Once more he had dreamt up the same nightmare, and once more he had woken from it in a cold sweat, a wetness on his cheeks as if he’d been crying.
                Most nights he had the dream.
                The marshes surrounded them, the fog permeating the cloth beneath their armour so that their bodies were sodden as their feet as they sloshed through deep wells of soggy mud. Even in this dream he could still hear the wet squelching.
                The cold rise of dawn came upon them and the mists rose higher so as to impede his visibility. But they slogged onwards. For he was at the front with Damyen beside him, his long light hair falling to his shoulders, a young face despite his age that bore little stubble and a thin, sturdy frame. Behind them marched a mass of faceless soldiers.
                He continued staring at Damyen, as the water from the mist caught in his eyes, as if he wanted to say something, but no words came out.
                Then he stumbled, and the young soldier caught him.
                “You need to watch where you’re going, squire.” Damyen winked, and he picked him up and dusted him off. “Now come on, the scouts report these bastards aren’t too far ahead. I—“ His words were cut off by a roar of sound.
                That was when everything became chaotic.
                The soldiers became manifestations of the clouds, swirling writhing masses forming into images too fast for him to understand. He’d lost Damyen in the motion of the ethereal. And he realised, his men had been attacked by Barbarans that had come upon them like ghosts.
                The fog quickly turned red and so did the waters. As the sounds of clanging metal deafened him just like the sound of his own shouts and the roars in the fitful throes of his sleep. He heard a cry from afar. It was Damyen’s voice, calling to him.
                He tried to wade through the mud, but it was too thick, taking too long.
                A fighter leapt in front of him, but he cut him down.
                He continued to struggle through the dirt, searching desperately for the source of the shouts, but they were all around him, closing in on him. The muddy waters rose, trying to drown him. Wraiths grabbed and pulled and jabbed at him.
                Then he found Damyen in the distance. He fought a warchief. He was doing well, holding him off.
                And then the flash of silver, the dagger in the back.
                And that was the point at which he would wake up with his bedsheets twisted around him, his dirk in his hand glinting with the light of the moon. He would throw it in anger across the room and put his head in his hands as he tried to regain control of his breathing. It would take him a moment to realise he was sobbing. Then he would get up, retrieve his dirk and look out of the window. He would sigh deeply; try to let the cool air of night ease his mind.
                This was what war had reduced him to. A complete mess.

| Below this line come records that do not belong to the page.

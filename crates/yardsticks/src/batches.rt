//! The log that the written blocks of a zone spell, computed as it is defined.

ghost use Rattle.std.specs.Prelude.{◌≡◌, ◌==◌, ◌&&◌, ◌⊎◌, not, ◌≤◌, ◌<◌, ◌*◌, ◌^◌, ◌↔◌, [], drop};
ghost use Rattle.std.specs.Prelude.{length, map, nat_eq, vec_len, IsTrue, IfOk, IfSome, IfNone};
ghost use Rattle.batch_log.specs.declared.header.Kind.TheVariants.{Host};
ghost use Rattle.std.specs.List.{AllByRecursion, IsDistinct, list_any};
ghost use Rattle.byteorder.specs.Endian.{little_from};
ghost use Rattle.batch_log.specs.Header.{IsHeading, IsHeaderBlock, IsNoHeader, IsSize, heading_of};
ghost use Rattle.batch_log.specs.Header.{header_block, head_size, entry_room};
ghost use Rattle.batch_log.specs.Reading.{entry_of, entries_in, kind_of, said_size, heading_in};
ghost use Rattle.batch_log.specs.Log.{BeginsWithNoBatch, HaveNoLog, IsTail, IsTorn, data_count, zero_block};
ghost use Rattle.yardsticks.specs.Batches.{held_blocks, batch_of, BeginsWithBatch, IsFound};

use batch_log::{Entry, Header, Kind, header_bytes};
use byteorder::{ByteOrder, LittleEndian};
use std::alloc::{AllocError, Global};

/// Where the entries of a header begin.
const HEAD_SIZE: usize = 32;
/// The bit of an entry that marks a trim.
const TRIM_BIT: u64 = 1 << 63;

/// A batch of a log.
#[derive(Debug, Drop)]
pub struct Batch {
    pub header: Header,
    /// A block for each entry that is not a trim.
    pub body: Vec<Vec<u8>>,
}

/// The log of a zone.
#[derive(Debug, Drop)]
pub struct ZoneLog {
    pub batches: Vec<Batch>,
    /// Whether a torn tail is after the batches: a header block and fewer data blocks than it needs.
    pub is_torn: bool,
}

fn entry_at(bytes: &[u8]) -> Entry
    requires { 8 ≤ length bytes.now }
    ensures { result ≡ entry_of (little_from 0 8 bytes.now) }
{
    let word = LittleEndian::read_u64(bytes);
    if word < TRIM_BIT {
        Entry {
            block: word,
            trim: false,
        }
    } else {
        Entry {
            block: word - TRIM_BIT,
            trim: true,
        }
    }
}

fn entries_at(alloc: Global, count: usize, bytes: &[u8]) -> Result<Vec<Entry>, AllocError>
    requires { 8 * count ≤ length bytes.now }
    ensures { IfOk result (λ entries. entries.items ≡ entries_in count bytes.now) }
{
    let mut entries = Vec::new(alloc);
    for i in 0..count {
        entries.push(entry_at(&bytes[8 * i..]))?;
    }
    Ok(entries)
}

fn kind_at(bytes: &[u8]) -> Kind
    requires { 2 ≤ length bytes.now }
    ensures { result ≡ kind_of (little_from 0 2 bytes.now) }
{
    if LittleEndian::read_u16(bytes) == 2 {
        Kind::Move
    } else {
        Kind::Host
    }
}

/// The size after a header's source, which version 2 says.
fn size_at(version: &[u8], word: &[u8]) -> Option<u32>
    requires version { 2 ≤ length version.now }
    requires word { 4 ≤ length word.now }
    ensures { result ≡ said_size (little_from 0 2 version.now) (little_from 0 4 word.now) }
{
    if LittleEndian::read_u16(version) == 2 {
        Some(LittleEndian::read_u32(word))
    } else {
        None
    }
}

/// The only header that the block can encode, unless its entries do not fit the block.
fn claimed_header(alloc: Global, block: &[u8]) -> Result<Option<Header>, AllocError>
    requires { head_size ≤ length block.now }
    ensures some { IfOk result
        (λ found. IfSome found (λ header. heading_of header ≡ heading_in block.now)) }
    ensures none { let room = entry_room (length block.now) in
        IfOk result (λ found. IfNone found (room < length (heading_in block.now).entries)) }
{
    let count = LittleEndian::read_u32(&block[12..]) as usize;
    if count > (block.len() - HEAD_SIZE) / 8 {
        return Ok(None);
    }
    Ok(Some(Header {
        kind: kind_at(&block[10..]),
        sequence: LittleEndian::read_u64(&block[16..]),
        source: LittleEndian::read_u32(&block[24..]),
        size: size_at(&block[8..], &block[28..]),
        entries: entries_at(alloc, count, &block[HEAD_SIZE..])?,
    }))
}

fn is_named(block: u64, entries: &[Entry]) -> bool
    ensures { result ≡ list_any (λ e. nat_eq block e.block) entries.now }
{
    entries.iter().any(|entry| block == entry.block)
}

fn are_distinct(entries: &[Entry]) -> bool
    ensures { IsTrue result ↔ IsDistinct nat_eq (map (λ e. e.block) entries.now) }
{
    for (i, entry) in entries.iter().enumerate() {
        if is_named(entry.block, &entries[i + 1..]) {
            return false;
        }
    }
    true
}

fn are_small(entries: &[Entry]) -> bool
    ensures { IsTrue result ↔ AllByRecursion (λ e. e.block < 2 ^ 63) entries.now }
{
    entries.iter().all(|entry| entry.block < TRIM_BIT)
}

fn is_source(kind: Kind, source: u32) -> bool
    ensures { IsTrue result ↔ (kind ≡ Host → source ≡ 0) }
{
    match kind {
        Kind::Host => source == 0,
        Kind::Move => true,
    }
}

fn is_size(size: Option<u32>) -> bool
    ensures { IsTrue result ↔ IfSome size IsSize }
{
    match size {
        None => true,
        Some(size) => 1 <= size && size <= 1 << 31,
    }
}

/// Whether a block of that many bytes, 32 at least, can encode the header.
pub fn is_heading(header: &Header, block_bytes: usize) -> bool
    requires size { head_size ≤ block_bytes }
    requires sequence { header.now.sequence < 2 ^ 64 }
    ensures { IsTrue result ↔ IsHeading block_bytes (heading_of header.now) }
{
    if header.entries.len() > (block_bytes - HEAD_SIZE) / 8 {
        return false;
    }
    if !is_source(header.kind, header.source) {
        return false;
    }
    if !is_size(header.size) {
        return false;
    }
    if !are_small(&header.entries) {
        return false;
    }
    are_distinct(&header.entries)
}

fn spelling(alloc: Global, header: &Header, block_bytes: usize) -> Result<Vec<u8>, AllocError>
    requires heading { IsHeading block_bytes (heading_of header.now) }
    requires size { (block_bytes ≡ 512) ⊎ (block_bytes ≡ 4096) }
    ensures { IfOk result
        (λ block. block.items ≡ header_block block_bytes (heading_of header.now)) }
{
    let mut block = vec![in alloc; 0; block_bytes]?;
    header_bytes(header, &mut block);
    Ok(block)
}

fn is_spelling(alloc: Global, header: &Header, block: &[u8]) -> Result<bool, AllocError>
    requires heading { IsHeading (length block.now) (heading_of header.now) }
    requires size { (length block.now ≡ 512) ⊎ (length block.now ≡ 4096) }
    ensures { let encoded = header_block (length block.now) (heading_of header.now) in
        IfOk result (λ same. IsTrue same ↔ (block.now ≡ encoded)) }
{
    let encoded = spelling(alloc, header, block.len())?;
    Ok(encoded.as_slice() == block)
}

/// The header that the block encodes, if any.
fn read_header(alloc: Global, block: &[u8]) -> Result<Option<Header>, AllocError>
    requires { (length block.now ≡ 512) ⊎ (length block.now ≡ 4096) }
    ensures some { let size = length block.now in
        IfOk result (λ found.
        IfSome found (λ header. IsHeaderBlock size block.now (heading_of header))) }
    ensures none { IfOk result (λ found. IfNone found (IsNoHeader block.now)) }
{
    let Some(header) = claimed_header(alloc, block)? else {
        return Ok(None);
    };
    if !is_heading(&header, block.len()) {
        return Ok(None);
    }
    let is_same = is_spelling(alloc, &header, block)?;
    if !is_same {
        return Ok(None);
    }
    Ok(Some(header))
}

fn data_blocks(entries: &[Entry]) -> usize
    ensures { result ≡ data_count entries.now }
{
    let mut count = 0;
    for entry in entries {
        if !entry.trim {
            count += 1;
        }
    }
    count
}

pub(crate) fn copied(alloc: Global, blocks: &[Vec<u8>]) -> Result<Vec<Vec<u8>>, AllocError>
    ensures { IfOk result (λ copy. held_blocks copy.items ≡ held_blocks blocks.now) }
{
    let mut copy = Vec::new(alloc);
    for block in blocks {
        copy.push(Vec::from_slice(alloc, block)?)?;
    }
    Ok(copy)
}

/// The batch that the blocks begin with, if they begin with one.
fn first_batch(
    alloc: Global,
    blocks: &[Vec<u8>],
    block_bytes: usize,
) -> Result<Option<Batch>, AllocError>
    requires size { (block_bytes ≡ 512) ⊎ (block_bytes ≡ 4096) }
    requires sizes { AllByRecursion (λ block. vec_len block ≡ block_bytes) blocks.now }
    ensures some { let all = held_blocks blocks.now in
        IfOk result (λ found.
        IfSome found (λ batch. BeginsWithBatch block_bytes all (batch_of batch))) }
    ensures none { IfOk result
        (λ found. IfNone found (BeginsWithNoBatch block_bytes (held_blocks blocks.now))) }
{
    let Some((block, after)) = blocks.split_first() else {
        return Ok(None);
    };
    let Some(header) = read_header(alloc, block)? else {
        return Ok(None);
    };
    let count = data_blocks(&header.entries);
    if after.len() < count {
        return Ok(None);
    }
    let body = copied(alloc, &after[..count])?;
    Ok(Some(Batch { header, body }))
}

fn is_zero(block: &[u8]) -> bool
    ensures { IsTrue result ↔ (block.now ≡ zero_block (length block.now)) }
{
    block.iter().all(|byte| *byte == 0)
}

fn are_zero(blocks: &[Vec<u8>]) -> bool
    ensures { IsTrue result
        ↔ AllByRecursion (λ block. block.items ≡ zero_block (vec_len block)) blocks.now }
{
    blocks.iter().all(|block| is_zero(block))
}

/// Whether blocks that begin with no batch are a torn tail: the first of them is a header block.
fn are_torn(alloc: Global, blocks: &[Vec<u8>], block_bytes: usize) -> Result<bool, AllocError>
    requires size { (block_bytes ≡ 512) ⊎ (block_bytes ≡ 4096) }
    requires sizes { AllByRecursion (λ block. vec_len block ≡ block_bytes) blocks.now }
    requires none { BeginsWithNoBatch block_bytes (held_blocks blocks.now) }
    ensures { let all = held_blocks blocks.now in
        IfOk result (λ b. IsTrue b ↔ IsTorn block_bytes all) }
{
    let Some((block, _)) = blocks.split_first() else {
        return Ok(false);
    };
    let Some(_header) = read_header(alloc, block)? else {
        return Ok(false);
    };
    Ok(true)
}

/// Whether blocks that begin with no batch may be after the last batch of a zone.
fn are_tail(
    alloc: Global,
    blocks: &[Vec<u8>],
    block_bytes: usize,
    is_full: bool,
) -> Result<bool, AllocError>
    requires size { (block_bytes ≡ 512) ⊎ (block_bytes ≡ 4096) }
    requires sizes { AllByRecursion (λ block. vec_len block ≡ block_bytes) blocks.now }
    requires none { BeginsWithNoBatch block_bytes (held_blocks blocks.now) }
    ensures { let all = held_blocks blocks.now in
        IfOk result (λ b. IsTrue b ↔ IsTail block_bytes is_full all) }
{
    if is_full {
        return Ok(are_zero(blocks));
    }
    if blocks.is_empty() {
        return Ok(true);
    }
    are_torn(alloc, blocks, block_bytes)
}

/// Whether a torn tail is left, where the blocks that are left are a tail.
fn is_torn_left(rest: &[Vec<u8>], is_full: bool) -> bool
    ensures { result ≡ (not is_full && not (length rest.now == 0)) }
{
    !is_full && !rest.is_empty()
}

/// The log of a zone with these written blocks, if it has one. A block has 512 or 4096 bytes. After the
/// last batch of a full zone there may be blocks of zeros, and of another zone a torn tail.
pub fn log(
    alloc: Global,
    blocks: &[Vec<u8>],
    block_bytes: usize,
    is_full: bool,
) -> Result<Option<ZoneLog>, AllocError>
    requires size { (block_bytes ≡ 512) ⊎ (block_bytes ≡ 4096) }
    requires sizes { AllByRecursion (λ block. vec_len block ≡ block_bytes) blocks.now }
    ensures some { let all = held_blocks blocks.now in
        IfOk result (λ found. IfSome found (λ log. IsFound block_bytes is_full all log)) }
    ensures none { IfOk result
        (λ found. IfNone found (HaveNoLog block_bytes is_full (held_blocks blocks.now))) }
{
    let mut batches = Vec::new(alloc);
    let mut rest = blocks;
    loop {
        let Some(batch) = first_batch(alloc, rest, block_bytes)? else {
            if !are_tail(alloc, rest, block_bytes, is_full)? {
                return Ok(None);
            }
            let is_torn = is_torn_left(rest, is_full);
            return Ok(Some(ZoneLog { batches, is_torn }));
        };
        let (_, after) = rest.split_at(1 + batch.body.len());
        rest = after;
        batches.push(batch)?;
    }
}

                The worst part was, that’s exactly how it had felt at the time. And the thing that had made him most curious, was that dagger. Was it some symbol? His Captain had entrusted him to be there, to protect him and yet he had failed him. He may as well stabbed him in the back. He thrust that thought aside. Now was not the time to be thinking of the dream.

Devlin looked up and saw the crowd of people as they cheered. They were all screaming, most in adoration too. He felt proud as he held the banner of House Dray in his arms. It was bloody heavy, the pole being about three four metres of wood topped with a streaming mass of cotton. His house, his people, all here to see him off, to tell him they loved him. He let himself grin.